▶ [EXERCISE DIRECTIONS]: Filter the entries beneath this task, copying only the lines that hold the word "IsTtl".

▶ [DATA FOR ANALYSIS]:

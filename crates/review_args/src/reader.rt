//! The request that the words make.
ghost use Rattle.std.specs.Prelude.{◌≡◌, ◌≤◌, option_and_then, IfOk, IfSome, None, Some, Err, map, string_bytes};
ghost use Rattle.std.specs.List.{list_any};
ghost use Rattle.review_args.specs.Words.{has_stray, positional, values};
ghost use Rattle.review_args.specs.Requests.{Answers, AreWorkers, IsTtl, IsWithin, request_of, is_empty, named, option_number, workers_of, ttl_of, comparison, asking, tracing, reading, making, without};
ghost use Rattle.review_args.specs.Parts.{texts};

use crate::numbers::{header, long_number, number_within};
use crate::parts::Parts;
use crate::request::{Asking, Comparison, Job, Packet, Request, Tracing, WordsFail};
use net_types::{NoMemory, Text, Word};
use std::alloc::Global;

/// What the words of the command line, without the program's name, ask for: the job, and by how many workers.
///
/// Refused comes exactly where they are outside the usage: a command of another name, positional words that are not
/// those of the command or are empty, an option that doesn't go with it, stands twice, lacks its value or has one out
/// of range, another word that begins with `-` before the first `--`, or a number or header that is none. The numbers
/// of a request that is answered are within their bounds.
pub fn read_words(alloc: Global, words: &[String]) -> Result<Request, WordsFail>
    ensures request { IfOk result (λ r. request_of (map string_bytes words.now) ≡ Some r) }
    ensures refused { result ≡ Err WordsFail.Refused → request_of (map string_bytes words.now) ≡ None }
    ensures within { IfOk result IsWithin }
{
    read(alloc, words)
}

fn read(alloc: Global, words: &[String]) -> Result<Request, WordsFail>
    ensures asked { Answers (request_of (map string_bytes words.now)) result }
    ensures within { IfOk result IsWithin }
{
    let [name, rest @ ..] = words else {
        return Err(WordsFail::Refused);
    };
    let name = name.as_str();
    let parts = Parts::of(alloc, name, rest)?;
    if parts.stray || has_empty(&parts.positional) {
        return Err(WordsFail::Refused);
    }
    named(alloc, name, &parts)
}

fn has_empty(words: &[&str]) -> bool
    ensures { result ≡ list_any is_empty (map (λ w. w.now) words.now) }
{
    let found = any_is_empty(words);
    found
}

fn any_is_empty(words: &[&str]) -> bool
    ensures { result ≡ list_any (λ w. is_empty w.now) words.now }
{
    words.iter().any(|word| is_empty(word))
}

fn is_empty(word: &str) -> bool
    ensures { result ≡ is_empty word.now }
{
    word.is_empty()
}

// The request of a command of this name.
fn named(alloc: Global, name: &str, parts: &Parts) -> Result<Request, WordsFail>
    ensures asked { Answers (named name.now (texts parts.now.positional) (texts parts.now.workers) (texts parts.now.ttl)) result }
    ensures within { IfOk result IsWithin }
{
    if name == "compare" {
        return compare(alloc, parts);
    }
    if name == "ask" {
        return ask(alloc, parts);
    }
    if name == "trace" {
        return trace(alloc, parts);
    }
    if name == "read" {
        return read_network(alloc, parts);
    }
    if name == "gen" {
        return generate(parts);
    }
    Err(WordsFail::Refused)
}

// The number that an option gives, or its usual one.
fn option_number(values: &[&str], low: u32, high: u32, usual: u32) -> Option<u32>
    requires order { low ≤ usual × usual ≤ high }
    ensures value { result ≡ option_number low high usual (map (λ v. v.now) values.now) }
    ensures within { IfSome result (λ n. low ≤ n × n ≤ high) }
{
    match values {
        [] => Some(usual),
        [value] => number_within(value.as_bytes(), low, high),
        _ => None,
    }
}

fn workers_of(parts: &Parts) -> Option<u32>
    ensures value { result ≡ workers_of (texts parts.now.workers) }
    ensures within { IfSome result AreWorkers }
{
    option_number(&parts.workers, 1, 64, 4)
}

fn ttl_of(parts: &Parts) -> Option<u8>
    ensures value { result ≡ ttl_of (texts parts.now.ttl) }
    ensures within { IfSome result IsTtl }
{
    let ttl = option_number(&parts.ttl, 1, 255, 255)?;
    Some(ttl as u8)
}

// `compare OLD NEW LINKS [NEWLINKS]`
fn compare(alloc: Global, parts: &Parts) -> Result<Request, WordsFail>
    ensures asked { Answers (option_and_then (λ n. option_and_then (comparison (texts parts.now.positional) n) (ttl_of (texts parts.now.ttl))) (workers_of (texts parts.now.workers))) result }
    ensures within { IfOk result IsWithin }
{
    let Some(workers) = workers_of(parts) else {
        return Err(WordsFail::Refused);
    };
    let Some(ttl) = ttl_of(parts) else {
        return Err(WordsFail::Refused);
    };
    comparison(alloc, parts, workers, ttl)
}

fn comparison(alloc: Global, parts: &Parts, workers: u32, ttl: u8) -> Result<Request, WordsFail>
    requires workers { AreWorkers workers }
    requires ttl { IsTtl ttl }
    ensures asked { Answers (comparison (texts parts.now.positional) workers ttl) result }
    ensures within { IfOk result IsWithin }
{
    match parts.positional.as_slice() {
        [old, new, links] => Ok(Request {
            job: Job::Compare(Comparison {
                old: word(alloc, old)?,
                new: word(alloc, new)?,
                links: word(alloc, links)?,
                new_links: None,
                ttl,
            }),
            workers,
        }),
        [old, new, links, new_links] => Ok(Request {
            job: Job::Compare(Comparison {
                old: word(alloc, old)?,
                new: word(alloc, new)?,
                links: word(alloc, links)?,
                new_links: Some(word(alloc, new_links)?),
                ttl,
            }),
            workers,
        }),
        _ => Err(WordsFail::Refused),
    }
}

// `ask NET LINKS QUESTIONS`
fn ask(alloc: Global, parts: &Parts) -> Result<Request, WordsFail>
    ensures asked { Answers (option_and_then (λ n. option_and_then (asking (texts parts.now.positional) n) (ttl_of (texts parts.now.ttl))) (workers_of (texts parts.now.workers))) result }
    ensures within { IfOk result IsWithin }
{
    let Some(workers) = workers_of(parts) else {
        return Err(WordsFail::Refused);
    };
    let Some(ttl) = ttl_of(parts) else {
        return Err(WordsFail::Refused);
    };
    let [net, links, questions] = parts.positional.as_slice() else {
        return Err(WordsFail::Refused);
    };
    Ok(Request {
        job: Job::Ask(Asking {
            net: word(alloc, net)?,
            links: word(alloc, links)?,
            questions: word(alloc, questions)?,
            ttl,
        }),
        workers,
    })
}

// `trace NET LINKS DEVICE INTERFACE HEADER`
fn trace(alloc: Global, parts: &Parts) -> Result<Request, WordsFail>
    ensures asked { Answers (without (texts parts.now.workers) (option_and_then (tracing (texts parts.now.positional)) (ttl_of (texts parts.now.ttl)))) result }
    ensures within { IfOk result IsWithin }
{
    if !parts.workers.is_empty() {
        return Err(WordsFail::Refused);
    }
    trace_within(alloc, parts)
}

fn trace_within(alloc: Global, parts: &Parts) -> Result<Request, WordsFail>
    ensures asked { Answers (option_and_then (tracing (texts parts.now.positional)) (ttl_of (texts parts.now.ttl))) result }
    ensures within { IfOk result IsWithin }
{
    let Some(ttl) = ttl_of(parts) else {
        return Err(WordsFail::Refused);
    };
    tracing(alloc, parts, ttl)
}

fn tracing(alloc: Global, parts: &Parts, ttl: u8) -> Result<Request, WordsFail>
    requires { IsTtl ttl }
    ensures asked { Answers (tracing (texts parts.now.positional) ttl) result }
    ensures within { IfOk result IsWithin }
{
    let [net, links, device, interface, header_word] = parts.positional.as_slice() else {
        return Err(WordsFail::Refused);
    };
    let Some(header) = header(alloc, header_word)? else {
        return Err(WordsFail::Refused);
    };
    let packet = Packet {
        device: Text::copy_of(alloc, device.as_bytes())?,
        interface: Text::copy_of(alloc, interface.as_bytes())?,
        header,
    };
    Ok(Request {
        job: Job::Trace(Tracing {
            net: word(alloc, net)?,
            links: word(alloc, links)?,
            packet,
            ttl,
        }),
        workers: 1,
    })
}

// `read NET`
fn read_network(alloc: Global, parts: &Parts) -> Result<Request, WordsFail>
    ensures asked { Answers (without (texts parts.now.workers) (without (texts parts.now.ttl) (reading (texts parts.now.positional)))) result }
    ensures within { IfOk result IsWithin }
{
    if !parts.workers.is_empty() || !parts.ttl.is_empty() {
        return Err(WordsFail::Refused);
    }
    let [net] = parts.positional.as_slice() else {
        return Err(WordsFail::Refused);
    };
    Ok(Request {
        job: Job::Read {
            net: word(alloc, net)?,
        },
        workers: 1,
    })
}

// `gen NUMBER SIZE`
fn generate(parts: &Parts) -> Result<Request, WordsFail>
    ensures asked { Answers (without (texts parts.now.ttl) (option_and_then (making (texts parts.now.positional)) (workers_of (texts parts.now.workers)))) result }
    ensures within { IfOk result IsWithin }
{
    if !parts.ttl.is_empty() {
        return Err(WordsFail::Refused);
    }
    generate_by(parts)
}

fn generate_by(parts: &Parts) -> Result<Request, WordsFail>
    ensures asked { Answers (option_and_then (making (texts parts.now.positional)) (workers_of (texts parts.now.workers))) result }
    ensures within { IfOk result IsWithin }
{
    let Some(workers) = workers_of(parts) else {
        return Err(WordsFail::Refused);
    };
    making(parts, workers)
}

fn making(parts: &Parts, workers: u32) -> Result<Request, WordsFail>
    requires { AreWorkers workers }
    ensures asked { Answers (making (texts parts.now.positional) workers) result }
    ensures within { IfOk result IsWithin }
{
    let [number, size] = parts.positional.as_slice() else {
        return Err(WordsFail::Refused);
    };
    let Some(number) = long_number(number) else {
        return Err(WordsFail::Refused);
    };
    let Some(size) = number_within(size.as_bytes(), 2, 200) else {
        return Err(WordsFail::Refused);
    };
    Ok(Request {
        job: Job::Gen { number, size },
        workers,
    })
}

fn word(alloc: Global, text: &str) -> Result<Word, NoMemory>
    ensures { IfOk result (λ word. word ≡ text.now) }
{
    Ok(Word::new(String::from_str(alloc, text)?))
}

▶ [ANSWER SPACE]:
ghost use Rattle.review_args.specs.Requests.{Answers, AreWorkers, IsTtl, IsWithin, request_of, is_empty, named, option_number, workers_of, ttl_of, comparison, asking, tracing, reading, making, without};
    ensures within { IfSome result IsTtl }
    requires ttl { IsTtl ttl }
    requires { IsTtl ttl }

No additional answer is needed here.